Menurut hemat kami, negara harus memenuhi kebutuhan seluruh korban dan memberi kompensasi kepada mereka atas kerugian materi yang mereka alami akibat bencana banjir ini, khususnya keluarga dari mereka yang meninggal.
Pihak-pihak yang berwenang di negara memikul tugas dan tanggungjawab untuk mengambil langkah-langkah dan berbagai persiapan yang perlu sebagai tindakan preventif ke depan. Hal itu agar bencana alam seperti ini tidak menyebabkan korban meninggal dan hilang seperti sekarang.
Sikap Kaum Muslim
Berbahagialah menjadi seorang Muslim.

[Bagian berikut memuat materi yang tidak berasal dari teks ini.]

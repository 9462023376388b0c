//! The lines by which it is explained what a package's path permits; the forms are this project's
//! own, and what is permitted is RFC 6010's (section 3).
//!
//! - `put_path` and `put_verdict` append exactly the lines of a path and of a verdict (`ok`).
//! - `put_grant` appends the lines of what the members of a path let through together (`ok`): for each
//!   content type that one of them names, and for every other type, whether each member has a
//!   deciding entry that says canSource; and for each type of attributes that these entries
//!   constrain, exactly those listed values that every one of them covers.
//! - For want of memory, the one refusal of these, the list stays as it was (`err`).
//! - `one_grant_text` is the law that a grant has one text at most. `lines_tell_what_is_permitted` says
//!   that `allow` stands where `permits` of `constraint_meet` is true of no attributes (`allow`), and
//!   that the values after it are those listed ones with which it is true of one attribute (`values`).
//!   `other_stands_for_the_rest` is the law that the last lines are those of each type that no member
//!   names (`decides`, `sources`).
//!
//! Below it stand `constraint_meet`, with what is permitted, `cert_fields`, with the constraints in
//! place, `package_attrs`, with package identifiers and hardware types, and `report_text`, with the
//! lines of identifiers and conditions.
//!
//! Content types, types of attributes and values are sorted, and looked up in what is sorted: for
//! each content type the lines take a look-up in each member, and then n log n time in the sizes of
//! the entries that decide for it. A listed package identifier is found by its preferred name and
//! version. A value of one hardware type is found by that type; one of several is compared with each
//! listed value that has the type which the fewest have, by a look-up for each type. Memory is linear
//! in the constraints and in the lines: some 90 octets for each entry, and, for one content type at a
//! time, as much for each constrained attribute, 32 for each listed value, and 96 for each preferred
//! name and each hardware type in them. The lines can be as many as the content types times the values
//! of an entry for any content. No clause says what a call costs.
#![tactic(auto)]

mod grant;
mod group;
mod hardware;
mod keys;
mod laws;
mod listed;
mod member;
mod memo;
mod ordered;
mod path;
mod sources;
mod types;
mod values;
mod verdict;
mod versions;

pub use grant::put_grant;
pub use laws::{lines_tell_what_is_permitted, one_grant_text, other_stands_for_the_rest};
pub use path::put_path;
pub use verdict::put_verdict;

Kata Rasulullah saw., apapun keadaannya, sebaik atau seburuk apapun, bagi seorang Muslim itu tetap saja baik, “Inna amrahu kullahu lahu khayr[un]. In ashabathu sarra’ syakara fakânat khayran lahu Wa in ashabathu dharra’u shabara fakanat khayr[an] lahu (Sekiranya dia diberi sesuatu yang menggembirakan maka dia bersyukur sehingga menjadi kebaikan bagi dirinya. Sekiranya dia ditimpa kesusahan maka dia bersabar sehingga menjadi kebaikan pula bagi dirinya.” (HR Muslim).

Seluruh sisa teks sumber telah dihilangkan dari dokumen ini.